• Task objective
Write out each line of the entries below that holds the word "AssignmentTarget".

[Dataset entries]
╔══
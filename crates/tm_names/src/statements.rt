//! The names in statements.
ghost use Rattle.std.specs.BTreeSet.{keys};
ghost use Rattle.std.specs.Prelude.{◌≡◌, [], ◌∷◌, OnOk, IfOk, codes, map};
ghost use Rattle.std.specs.String.{string_bytes};
ghost use Rattle.tm_syntax.specs.Names.{assign, close_scope, open_scope, undeclared_in};
ghost use Rattle.tm_syntax.specs.Names.{walk, walk_all, walk_assignments, walk_head};
ghost use Rattle.tm_syntax.specs.Names.{walk_parameters};
ghost use Rattle.tm_trees.specs.Trees.{statements};
ghost use Rattle.tm_trees.specs.Trees.statement_forms.{CallBlock as CallTag, For, If};
ghost use Rattle.tm_trees.specs.Trees.statement_forms.{Macro as Declare};

use crate::walker::Walker;
use std::alloc::{AllocError, Global};
use std::collections::BTreeSet;
use tm_items::{Boxed, Items};
use tm_syntax::{
    Assignment, AssignmentTarget, CallBlock, Expr, ForLoop, Macro, Name, Parameter, Stmt, Tree,
};

/// The names that a source's tree reads before any open scope has assigned them. With `nested`, a
/// name includes the attributes after it, such as `a.b.c`. AllocError if memory runs out.
pub fn undeclared(alloc: Global, tree: &Tree, nested: bool) -> Result<BTreeSet<String>, AllocError>
    ensures { IfOk result
        (λ names. map string_bytes (keys names) ≡ undeclared_in nested tree.now) }
{
    let mut walker = Walker::new(alloc)?;
    match tree {
        Tree::Statements(statements) => walker.walk_all(nested, statements.as_slice())?,
        Tree::Expression(expr) => walker.walk_expr(nested, expr.get())?,
    }
    Ok(walker.into_found())
}

impl Walker {
    /// Walks a statement. AllocError if memory runs out.
    #[cycle(statements)]
    fn walk(&mut self, nested: bool, statement: &Stmt) -> Result<(), AllocError>
        ensures { OnOk result (self.new ≡ walk nested statement.now self.old) }
    {
        match statement {
            Stmt::EmitRaw(_) => Ok(()),
            Stmt::EmitExpr(expr) => self.walk_expr(nested, expr.get()),
            Stmt::EmitLoop(argument) => {
                self.read("loop")?;
                self.walk_expr(nested, argument.get())
            }
            Stmt::If(condition, body, other) => {
                self.walk_if(nested, condition.get(), body.as_slice(), other)
            }
            Stmt::For(for_loop) => self.walk_for(nested, for_loop),
            Stmt::Break => Ok(()),
            Stmt::Continue => Ok(()),
            Stmt::Block(_, _, body) => self.walk_block(nested, body.as_slice()),
            Stmt::EmitBlock(_) => Ok(()),
            Stmt::EmitSuper => Ok(()),
            Stmt::Extends(parent) => self.walk_expr(nested, parent.get()),
            Stmt::Set(target, value) => self.walk_set(nested, target, value.get()),
            Stmt::CaptureBlock(becomes, filters, body) => {
                self.walk_use(nested, becomes)?;
                self.walk_filters(nested, filters.as_slice())?;
                self.walk_all(nested, body.as_slice())
            }
            Stmt::With(given, body) => self.walk_with(nested, given.as_slice(), body.as_slice()),
            Stmt::Do(call) => self.walk_expr(nested, call.get()),
            Stmt::AutoEscape(value, body) => {
                self.walk_expr(nested, value.get())?;
                self.walk_all(nested, body.as_slice())
            }
            Stmt::Macro(declared) => self.walk_macro(nested, declared),
            Stmt::CallBlock(call) => self.walk_call_block(nested, call),
            Stmt::Include(template, _) => self.walk_expr(nested, template.get()),
            Stmt::Import(template, target) => {
                self.walk_expr(nested, template.get())?;
                self.walk_target(nested, target)
            }
            Stmt::FromImport(template, imports) => {
                self.walk_expr(nested, template.get())?;
                self.walk_imports(imports.as_slice())
            }
        }
    }

    /// Walks a condition and its bodies. AllocError if memory runs out.
    #[cycle(statements)]
    fn walk_if(
        &mut self,
        nested: bool,
        condition: &Expr,
        body: &[Stmt],
        other: &Option<Items<Stmt>>,
    ) -> Result<(), AllocError>
        ensures { OnOk result
            (self.new ≡ walk nested (If condition.now body.now other.now) self.old) }
    {
        self.walk_expr(nested, condition)?;
        self.walk_all(nested, body)?;
        match other {
            Some(other) => self.walk_all(nested, other.as_slice()),
            None => Ok(()),
        }
    }

    /// Walks a loop. AllocError if memory runs out.
    #[cycle(statements)]
    fn walk_for(&mut self, nested: bool, for_loop: &ForLoop) -> Result<(), AllocError>
        ensures { OnOk result (self.new ≡ walk nested (For for_loop.now) self.old) }
    {
        self.walk_expr(nested, for_loop.iterable.get())?;
        self.walk_rounds(nested, for_loop)?;
        match &for_loop.other {
            Some(other) => self.walk_all(nested, other.as_slice()),
            None => Ok(()),
        }
    }

    /// Walks the contents of a loop's scope. AllocError if memory runs out.
    #[cycle(statements)]
    fn walk_rounds(&mut self, nested: bool, for_loop: &ForLoop) -> Result<(), AllocError>
        ensures { OnOk result (self.new ≡ close_scope (walk_all nested (statements for_loop.now.body)
            (walk_head nested for_loop.now.target for_loop.now.condition (open_scope self.old)))) }
    {
        self.open_scope()?;
        self.walk_head(nested, &for_loop.target, &for_loop.condition)?;
        self.walk_all(nested, for_loop.body.as_slice())?;
        self.close_scope();
        Ok(())
    }

    /// Walks the head of a loop, in the scope of the loop. AllocError if memory runs out.
    fn walk_head(
        &mut self,
        nested: bool,
        target: &AssignmentTarget,
        condition: &Option<Boxed<Expr>>,
    ) -> Result<(), AllocError>
        ensures { OnOk result
            (self.new ≡ walk_head nested target.now condition.now self.old) }
    {
        self.walk_target(nested, target)?;
        self.walk_condition(nested, condition)?;
        let name = Name::new(self.alloc(), "loop")?;
        self.assign(name)
    }

    /// Walks the body of a block in its scope. AllocError if memory runs out.
    #[cycle(statements)]
    fn walk_block(&mut self, nested: bool, body: &[Stmt]) -> Result<(), AllocError>
        ensures { OnOk result (self.new ≡
            close_scope (walk_all nested (statements body.now) (open_scope self.old))) }
    {
        self.open_scope()?;
        self.walk_all(nested, body)?;
        self.close_scope();
        Ok(())
    }

    /// Walks assignments and a body in their scope. AllocError if memory runs out.
    #[cycle(statements)]
    fn walk_with(
        &mut self,
        nested: bool,
        given: &[Assignment],
        body: &[Stmt],
    ) -> Result<(), AllocError>
        ensures { OnOk result (self.new ≡ close_scope (walk_all nested (statements body.now)
            (walk_assignments nested given.now (open_scope self.old)))) }
    {
        self.open_scope()?;
        self.walk_assignments(nested, given)?;
        self.walk_all(nested, body)?;
        self.close_scope();
        Ok(())
    }

    /// Walks a macro, whose scope has `caller`. AllocError if memory runs out.
    #[cycle(statements)]
    fn walk_macro(&mut self, nested: bool, declared: &Macro) -> Result<(), AllocError>
        ensures { OnOk result (self.new ≡ walk nested (Declare declared.now) self.old) }
    {
        self.assign(declared.name.share()?)?;
        self.walk_body(
            nested,
            declared.parameters.as_slice(),
            declared.body.as_slice(),
        )
    }

    /// Walks a call and its `caller` macro. AllocError if memory runs out.
    #[cycle(statements)]
    fn walk_call_block(&mut self, nested: bool, tag: &CallBlock) -> Result<(), AllocError>
        ensures { OnOk result (self.new ≡ walk nested (CallTag tag.now) self.old) }
    {
        self.walk_expr(nested, tag.call.get())?;
        self.walk_body(nested, tag.parameters.as_slice(), tag.body.as_slice())
    }

    /// Walks the parameters and the body of a macro in a new scope. AllocError if memory runs out.
    #[cycle(statements)]
    fn walk_body(
        &mut self,
        nested: bool,
        parameters: &[Parameter],
        body: &[Stmt],
    ) -> Result<(), AllocError>
        ensures { OnOk result (self.new ≡ close_scope (walk_all nested (statements body.now)
            (walk_parameters nested parameters.now (assign (codes "caller") (open_scope self.old))))) }
    {
        self.open_scope()?;
        let name = Name::new(self.alloc(), "caller")?;
        self.assign(name)?;
        self.walk_parameters(nested, parameters)?;
        self.walk_all(nested, body)?;
        self.close_scope();
        Ok(())
    }

    /// Walks statements. AllocError if memory runs out.
    #[cycle(statements)]
    pub(crate) fn walk_all(&mut self, nested: bool, body: &[Stmt]) -> Result<(), AllocError>
        ensures { OnOk result (self.new ≡ walk_all nested (statements body.now) self.old) }
    {
        for statement in body {
            self.walk(nested, statement)?;
        }
        Ok(())
    }
}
╚══
• Problem solution
    Assignment, AssignmentTarget, CallBlock, Expr, ForLoop, Macro, Name, Parameter, Stmt, Tree,
        target: &AssignmentTarget,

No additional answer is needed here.